» **How to complete this task**: Return each line of the listing that has the word "begins" in it.

□ □ □ □ □ □ □

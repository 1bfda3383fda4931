//! The calls on temporary tables.

ghost use Rattle.std.specs.Prelude.{◌≡◌, true, IfErr, IsTrue, length};
ghost use Rattle.session_local.specs.Answer.{answered_by};
ghost use Rattle.session_local.specs.BuiltCalls.{is_built_call};
ghost use Rattle.session_local.specs.ChangingTemps.{TempStepsBy};
ghost use Rattle.session_local.specs.LocalCalls.{takes_memory};
ghost use Rattle.session_local.specs.Showing.{names_within, NamesWithin};
ghost use Rattle.session_local.specs.TempCalls.{temp_read};

use crate::answering::{show_value, without_value};
use crate::begun::Begun;
use crate::reply::Reply;
use crate::request::Request;
use jet_base::{CursorId, OutOfMemory};

impl Begun {
    /// Makes a call on temporary tables. Any other call is None, and leaves all as it is.
    pub(crate) fn temp_step(&mut self, request: &Request) -> Result<Option<Reply>, OutOfMemory>
        requires { is_built_call request.now ≡ true }
        ensures step { TempStepsBy self.old request.now result self.new }
        ensures named { NamesWithin result (length self.new.reply) }
        ensures memory { IfErr result (λ _. takes_memory request.now ≡ true) }
    {
        match request {
            Request::TempOpen {
                temp,
                unique,
                columns,
            } => {
                let jet = self.temps.open(*temp, *unique, columns.as_slice())?;
                Ok(Some(without_value(jet)))
            }
            Request::TempPut { temp, values } => {
                let jet = self.temps.put(*temp, values.as_slice())?;
                Ok(Some(without_value(jet)))
            }
            Request::TempMove { temp, way } => {
                Ok(Some(without_value(self.temps.move_to(*temp, *way))))
            }
            Request::TempRead { temp, column } => Ok(Some(self.show_read(*temp, *column))),
            Request::TempCount { temp } => Ok(Some(self.temps.count(*temp))),
            Request::TempClose { temp } => Ok(Some(without_value(self.temps.close(*temp)))),
            _ => Ok(None),
        }
    }

    // Shows a value of the current row of the temporary table with this label.
    fn show_read(&mut self, label: CursorId, column: u8) -> Reply
        ensures shown { temp_read self.old.temps label column ≡ record { answered = answered_by result self.new.reply; temps = self.new.temps } }
        ensures cursors { self.new.cursors ≡ self.old.cursors }
        ensures named { IsTrue (names_within result.value (length self.new.reply)) }
    {
        match self.temps.read(label, column) {
            Ok(value) => show_value(&mut self.reply, value, 255),
            Err(jet) => without_value(jet),
        }
    }
}
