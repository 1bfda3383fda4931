//! A session's side of a call: the request, and the reply; and which columns, indexes, tables, log entries and calls are built.
#![tactic(auto)]

mod answering;
mod apart;
mod begun;
mod buffers;
mod calls;
mod decision;
mod finishing;
mod laws;
mod local;
mod making_keys;
mod navigating;
mod open_cursor;
mod open_temp;
mod prepared;
mod preparing;
mod putting_rows;
mod reading_rows;
mod reply;
mod reply_buffer;
mod request;
mod retrieved_value;
mod retrieving_copies;
mod schemas;
mod setting_columns;
mod showing;
mod temp_steps;
mod temps;

pub use answering::local_step;
pub use apart::Apart;
pub use buffers::{Buffers, MOST_CURSORS};
pub use calls::is_local;
pub use decision::Decision;
pub use finishing::finish;
pub use laws::{
    a_filled_table_has_its_bookmarks_in_order, agreeing_states_are_well_formed,
    finish_is_the_answer, finish_keeps_well_formed, local_calls_keep_well_formed,
    local_calls_take_no_step, navigation_keeps_well_formed,
};
pub use local::Local;
pub use open_cursor::OpenCursor;
pub use open_temp::OpenTemp;
pub use prepared::{Prepared, Purpose};
pub use reply::{Reply, Value};
pub use request::Request;
pub use retrieved_value::RetrievedValue;
pub use schemas::is_well_formed;
pub use temps::MOST_TEMPS;
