//! What a session takes as it begins.

ghost use Rattle.std.specs.Prelude.{◌≡◌, [], IfOk};

use crate::open_cursor::OpenCursor;
use crate::reply_buffer::ReplyBuffer;
use crate::temps::Temps;
use jet_base::OutOfMemory;
use std::alloc::Global;
use std::marker::Model;

/// How many cursors a session may have open.
pub const MOST_CURSORS: usize = 16;

/// The memory that a session takes as it begins: its reply buffer, with room for 1,048,576 bytes, and room for its cursors and
/// temporary tables.
/// Contracts see the bytes of the reply buffer.
#[derive(Debug, Drop)]
pub struct Buffers {
    pub(crate) cursors: Vec<OpenCursor>,
    pub(crate) temps: Temps,
    pub(crate) reply: ReplyBuffer,
}

impl Model for Buffers {
    ghost use Rattle.std.specs.Prelude.{List, ℕ};

    ghost Value = { List ℕ };

    ghost use Rattle.session_local.specs.Holding.{AreTaken};

    ghost view = { λ a. a.reply };

    ghost invariant = { AreTaken };
}

impl Buffers {
    /// Takes the memory. The reply buffer is empty.
    pub fn take(alloc: Global) -> Result<Buffers, OutOfMemory>
        ensures { IfOk result (λ taken. taken ≡ []) }
    {
        let cursors = Vec::with_capacity(alloc, MOST_CURSORS)?;
        let temps = Temps::take(alloc)?;
        let reply = ReplyBuffer::take(alloc)?;
        Ok(Buffers {
            cursors,
            temps,
            reply,
        })
    }
}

□ □ □ □ □ □ □

» **Exercise response**:
//! What a session takes as it begins.
/// The memory that a session takes as it begins: its reply buffer, with room for 1,048,576 bytes, and room for its cursors and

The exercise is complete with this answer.